//! Calls of rows.
ghost use Rattle.std.specs.Prelude.{◌≡◌, Err, IfOk, IfErr, IfSome};
ghost use Rattle.rhai_ops.specs.Outcome.{IsOutcome, answers};
ghost use Rattle.rhai_ops.specs.Results.{MayWant, Suits, outcome};
ghost use Rattle.rhai_ops.specs.Order.{row_order};
ghost use Rattle.rhai_ops.specs.Effects.{answered, first_left, second_left, store_left, effect, operator};
ghost use Rattle.rhai_value.specs.Tree.{Tree, TakesNoMemory, copy};

use crate::answer::{part, value};
use crate::builtin::FnBuiltin;
use crate::operand_kind::{own_int, own_text};
use crate::{assign, blobs, bools, chars, grow, ints, push, ranges, texts};
use rhai_text::{EvalAltResult, ImmutableString, Limits};
use rhai_value::{Dynamic, INT, Store};
use std::alloc::Global;
use std::cmp::Ordering;

impl FnBuiltin {
    /// Calls the row on these operands, which hold the types it requires. An operator changes
    /// nothing. An assignment writes its result where the chain of the first operand ends, and
    /// returns unit; both operands are read first, even if they are holders of one cell.
    /// Errors: `ErrorArithmetic` if ints have no result, `ErrorDataTooLarge` if the new length
    /// exceeds its limit, each at `Position::NONE`; `ErrorMemory` if an allocation fails, only for
    /// rows that make a text, a blob, an array or a copy. Operands and store are then unchanged.
    /// Cost: the length of the operands' texts, blobs and items; for ints, booleans and characters
    /// constant, without memory.
    /// rhai: a call of the function that a look-up returned.
    #[inline(always)]
    #[tactic(auto, using(crate::proofs::Effects::answered_refuses, crate::proofs::Effects::answered_value))]
    pub fn call(
        &self,
        alloc: Global,
        store: &mut Store,
        limits: &Limits,
        left: &mut Dynamic,
        right: &mut Dynamic,
    ) -> Result<Dynamic, EvalAltResult>
        requires { Suits self.now store.old left.old right.old }
        ensures result { IsOutcome (MayWant self.now left.old right.old) result (answered (effect self.now) (outcome self.now limits.now store.old left.old right.old)) }
        ensures first { IfOk result (λ d. left.new ≡ first_left (effect self.now) (outcome self.now limits.now store.old left.old right.old) store.old left.old) }
        ensures second { IfOk result (λ d. right.new ≡ second_left (effect self.now) (outcome self.now limits.now store.old left.old right.old) right.old) }
        ensures store { IfOk result (λ d. store.new ≡ store_left (effect self.now) (outcome self.now limits.now store.old left.old right.old) store.old left.old) }
        ensures err { IfErr result (λ e. (left.new ≡ left.old) × (right.new ≡ right.old) × (store.new ≡ store.old)) }
        ensures row { IfOk result (λ d. (t : Tree) × (outcome self.now limits.now store.old left.old right.old ≡ answers t)) }
        ensures refusal { IfErr result (λ e. IsOutcome (MayWant self.now left.old right.old) (Err e) (outcome self.now limits.now store.old left.old right.old)) }
    {
        self.call_row(alloc, store, limits, left, right)
    }

    /// The same, without the contract that relates the result to the row. It has no locals, since a
    /// function clears its locals at entry: functions that would bring some aren't inlined.
    #[inline(always)]
    fn call_row(
        &self,
        alloc: Global,
        store: &mut Store,
        limits: &Limits,
        left: &mut Dynamic,
        right: &mut Dynamic,
    ) -> Result<Dynamic, EvalAltResult>
        requires { Suits self.now store.old left.old right.old }
        ensures result { IsOutcome (MayWant self.now left.old right.old) result (answered (effect self.now) (outcome self.now limits.now store.old left.old right.old)) }
        ensures first { IfOk result (λ d. left.new ≡ first_left (effect self.now) (outcome self.now limits.now store.old left.old right.old) store.old left.old) }
        ensures second { IfOk result (λ d. right.new ≡ second_left (effect self.now) (outcome self.now limits.now store.old left.old right.old) right.old) }
        ensures store { IfOk result (λ d. store.new ≡ store_left (effect self.now) (outcome self.now limits.now store.old left.old right.old) store.old left.old) }
        ensures err { IfErr result (λ e. (left.new ≡ left.old) × (right.new ≡ right.old) × (store.new ≡ store.old)) }
    {
        if let Some(answer) = self.own_answer(store, limits, left, right) {
            return answer;
        }
        if let FnBuiltin::IntAssign(t) = *self {
            if let Some(j) = own_int(right) {
                return ints::assign_number(t, store, left, j);
            }
        }
        match *self {
            // `return` passes the result on directly; as the value of the match it would be written
            // to a local shared by all arms, and read again
            FnBuiltin::Int(_)
            | FnBuiltin::IntCompare(_)
            | FnBuiltin::IntRange(_)
            | FnBuiltin::BoolCompare(_)
            | FnBuiltin::Bool(_)
            | FnBuiltin::TextJoin
            | FnBuiltin::TextMinus
            | FnBuiltin::TextCompare(_)
            | FnBuiltin::CharJoin
            | FnBuiltin::CharCompare(_)
            | FnBuiltin::BlobJoin
            | FnBuiltin::BlobEqual(_)
            | FnBuiltin::ConstTrue
            | FnBuiltin::ConstFalse
            | FnBuiltin::RangeFrom(_)
            | FnBuiltin::RangeTo(_)
            | FnBuiltin::CharText
            | FnBuiltin::CharTextCompare(_)
            | FnBuiltin::TextChar
            | FnBuiltin::TextMinusChar
            | FnBuiltin::TextCharCompare(_)
            | FnBuiltin::FirstCopy
            | FnBuiltin::SecondCopy
            | FnBuiltin::BlobChar
            | FnBuiltin::RangeEqual(_, _) => return self.call_on_any(
                alloc, store, limits, left, right,
            ),
            FnBuiltin::IntAssign(t) => ints::assign(t, store, left, right),
            FnBuiltin::BoolAssign(t) => assign::bits(t, store, left, right),
            FnBuiltin::CharJoinAssign => assign::two_chars(alloc, store, left, right),
            FnBuiltin::TextJoinAssign => grow::text_and_text(alloc, store, limits, left, right),
            FnBuiltin::TextMinusAssign => assign::text_minus_text(alloc, store, left, right),
            FnBuiltin::ArrayAppend => push::append_items(alloc, limits, store, left, right),
            FnBuiltin::BlobAppend => push::append_blob(alloc, limits, store, left, right),
            FnBuiltin::TextCharAssign => grow::text_and_char(alloc, store, limits, left, right),
            FnBuiltin::TextMinusCharAssign => assign::text_minus_char(alloc, store, left, right),
            FnBuiltin::CharTextAssign => assign::char_and_text(alloc, store, limits, left, right),
            FnBuiltin::ArrayPush => push::push_item(limits, store, left, right),
            FnBuiltin::BlobPush => push::push_byte(limits, store, left, right),
            FnBuiltin::BlobCharAssign => {
                let character = value(right, store);
                push::push_char(limits, store, left, character)
            }
            FnBuiltin::BlobTextAssign => push::append_text(alloc, limits, store, left, right),
        }
    }

    /// Calls the row of an operator on these operands, which are only read: returns what `call`
    /// does.
    /// Errors: those of `call`.
    /// Cost: that of `call`.
    #[inline(always)]
    pub fn call_ref(
        &self,
        alloc: Global,
        store: &Store,
        limits: &Limits,
        left: &Dynamic,
        right: &Dynamic,
    ) -> Result<Dynamic, EvalAltResult>
        requires operator { effect self.now ≡ operator }
        requires suits { Suits self.now store.now left.now right.now }
        ensures { IsOutcome (MayWant self.now left.now right.now) result (outcome self.now limits.now store.now left.now right.now) }
    {
        if let Some(answer) = self.own_answer(store, limits, left, right) {
            return answer;
        }
        self.call_on_any(alloc, store, limits, left, right)
    }

    /// Calls the row of an operator on any operands.
    #[inline(always)]
    fn call_on_any(
        &self,
        alloc: Global,
        store: &Store,
        limits: &Limits,
        left: &Dynamic,
        right: &Dynamic,
    ) -> Result<Dynamic, EvalAltResult>
        requires operator { effect self.now ≡ operator }
        requires suits { Suits self.now store.now left.now right.now }
        ensures { IsOutcome (MayWant self.now left.now right.now) result (outcome self.now limits.now store.now left.now right.now) }
    {
        match *self {
            FnBuiltin::Int(t) => ints::answer(t, store, left, right),
            FnBuiltin::IntCompare(t) => ints::compare(t, store, left, right),
            FnBuiltin::IntRange(i) => ranges::between(i, value(left, store), value(right, store)),
            FnBuiltin::BoolCompare(t) => bools::compare(t, value(left, store), value(right, store)),
            FnBuiltin::Bool(t) => bools::answer(t, value(left, store), value(right, store)),
            FnBuiltin::TextJoin => texts::join(alloc, limits, store, left, right),
            FnBuiltin::TextMinus => texts::minus(alloc, store, left, right),
            FnBuiltin::TextCompare(t) => texts::compare(t, store, left, right),
            FnBuiltin::CharJoin => chars::join(
                alloc,
                limits,
                value(left, store),
                value(right, store),
            ),
            FnBuiltin::CharCompare(t) => chars::compare(t, value(left, store), value(right, store)),
            FnBuiltin::BlobJoin => blobs::join(alloc, store, limits, left, right),
            FnBuiltin::BlobEqual(n) => blobs::equal(n, store, left, right),
            FnBuiltin::ConstTrue => Ok(Dynamic::TRUE),
            FnBuiltin::ConstFalse => Ok(Dynamic::FALSE),
            FnBuiltin::RangeFrom(i) => ranges::between(i, value(left, store), INT::MAX),
            FnBuiltin::RangeTo(i) => ranges::between(i, 0, value(right, store)),
            FnBuiltin::CharText => chars::join_text(
                alloc,
                limits,
                value(left, store),
                part(right, store),
            ),
            FnBuiltin::CharTextCompare(t) => chars::compare_text(
                t,
                value(left, store),
                part(right, store),
            ),
            FnBuiltin::TextChar => texts::join_char(alloc, limits, store, left, right),
            FnBuiltin::TextMinusChar => texts::minus_char(alloc, store, left, right),
            FnBuiltin::TextCharCompare(t) => texts::compare_char(t, store, left, right),
            FnBuiltin::FirstCopy => copied(alloc, left),
            FnBuiltin::SecondCopy => copied(alloc, right),
            FnBuiltin::BlobChar => blobs::join_char(alloc, limits, store, left, right),
            FnBuiltin::RangeEqual(false, n) => ranges::equal_exclusive(n, store, left, right),
            FnBuiltin::RangeEqual(true, n) => ranges::equal_inclusive(n, store, left, right),
            // Rows of operators and of assignments have one type, since look-ups return both; the
            // `requires` demands an operator's.
            FnBuiltin::IntAssign(_)
            | FnBuiltin::BoolAssign(_)
            | FnBuiltin::CharJoinAssign
            | FnBuiltin::TextJoinAssign
            | FnBuiltin::TextMinusAssign
            | FnBuiltin::ArrayAppend
            | FnBuiltin::BlobAppend
            | FnBuiltin::TextCharAssign
            | FnBuiltin::TextMinusCharAssign
            | FnBuiltin::CharTextAssign
            | FnBuiltin::ArrayPush
            | FnBuiltin::BlobPush
            | FnBuiltin::BlobCharAssign
            | FnBuiltin::BlobTextAssign => unreachable!(),
        }
    }

    /// The result of a row on the operands' own contents, if these are ints or texts that it
    /// compares, as most are.
    #[inline(always)]
    fn own_answer(
        &self,
        store: &Store,
        limits: &Limits,
        left: &Dynamic,
        right: &Dynamic,
    ) -> Option<Result<Dynamic, EvalAltResult>>
        requires { Suits self.now store.now left.now right.now }
        ensures outcome { IfSome result (λ answer. IsOutcome ⊥ answer (outcome self.now limits.now store.now left.now right.now)) }
        ensures operator { IfSome result (λ _. effect self.now ≡ operator) }
    {
        if let FnBuiltin::Int(t) = *self {
            if let Some(i) = own_int(left) {
                if let Some(j) = own_int(right) {
                    return Some(ints::answer_numbers(t, i, j));
                }
            }
        }
        if let FnBuiltin::IntCompare(t) = *self {
            if let Some(i) = own_int(left) {
                if let Some(j) = own_int(right) {
                    return Some(ints::compare_numbers(t, i, j));
                }
            }
        }
        if let FnBuiltin::TextCompare(t) = *self {
            if let Some(a) = own_text(left) {
                if let Some(b) = own_text(right) {
                    return Some(texts::compare_two(t, a, b));
                }
            }
        }
        None
    }

    /// The order by which a row compares; `None` for other rows.
    pub(crate) fn order(self, left: &Dynamic, right: &Dynamic, store: &Store) -> Option<Ordering>
        requires { Suits self store.now left.now right.now }
        ensures { result ≡ row_order self store.now left.now right.now }
    {
        match self {
            FnBuiltin::IntCompare(_) => Some(value::<INT>(left, store).cmp(&value::<INT>(
                right, store,
            ))),
            FnBuiltin::BoolCompare(_) => Some(value::<bool>(left, store).cmp(&value::<bool>(
                right, store,
            ))),
            FnBuiltin::TextCompare(_) => Some(part::<ImmutableString>(left, store).cmp(part::<
                ImmutableString,
            >(right, store))),
            FnBuiltin::CharCompare(_) => Some(value::<char>(left, store).cmp(&value::<char>(
                right, store,
            ))),
            FnBuiltin::CharTextCompare(_) => Some(chars::text_order_of(
                value(left, store),
                part(right, store),
            )),
            FnBuiltin::TextCharCompare(_) => Some(texts::char_order_of(
                part(left, store),
                value(right, store),
            )),
            FnBuiltin::Int(_)
            | FnBuiltin::IntRange(_)
            | FnBuiltin::Bool(_)
            | FnBuiltin::TextJoin
            | FnBuiltin::TextMinus
            | FnBuiltin::CharJoin
            | FnBuiltin::BlobJoin
            | FnBuiltin::BlobEqual(_)
            | FnBuiltin::ConstTrue
            | FnBuiltin::ConstFalse
            | FnBuiltin::RangeFrom(_)
            | FnBuiltin::RangeTo(_)
            | FnBuiltin::CharText
            | FnBuiltin::TextChar
            | FnBuiltin::TextMinusChar
            | FnBuiltin::FirstCopy
            | FnBuiltin::SecondCopy
            | FnBuiltin::BlobChar
            | FnBuiltin::RangeEqual(_, _)
            | FnBuiltin::IntAssign(_)
            | FnBuiltin::BoolAssign(_)
            | FnBuiltin::CharJoinAssign
            | FnBuiltin::TextJoinAssign
            | FnBuiltin::TextMinusAssign
            | FnBuiltin::ArrayAppend
            | FnBuiltin::BlobAppend
            | FnBuiltin::TextCharAssign
            | FnBuiltin::TextMinusCharAssign
            | FnBuiltin::CharTextAssign
            | FnBuiltin::ArrayPush
            | FnBuiltin::BlobPush
            | FnBuiltin::BlobCharAssign
            | FnBuiltin::BlobTextAssign => None,
        }
    }
}

/// A copy of an operand.
#[inline(never)]
fn copied(alloc: Global, value: &Dynamic) -> Result<Dynamic, EvalAltResult>
    ensures { IsOutcome (TakesNoMemory value.now → ⊥) result (answers (copy value.now)) }
{
    Ok(value.copy(alloc)?)
}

→ **What this task involves**: Your answer must be a single number: the count of lines in the records above that contain "TextCharCompare".

→ **Answer to this task**: 3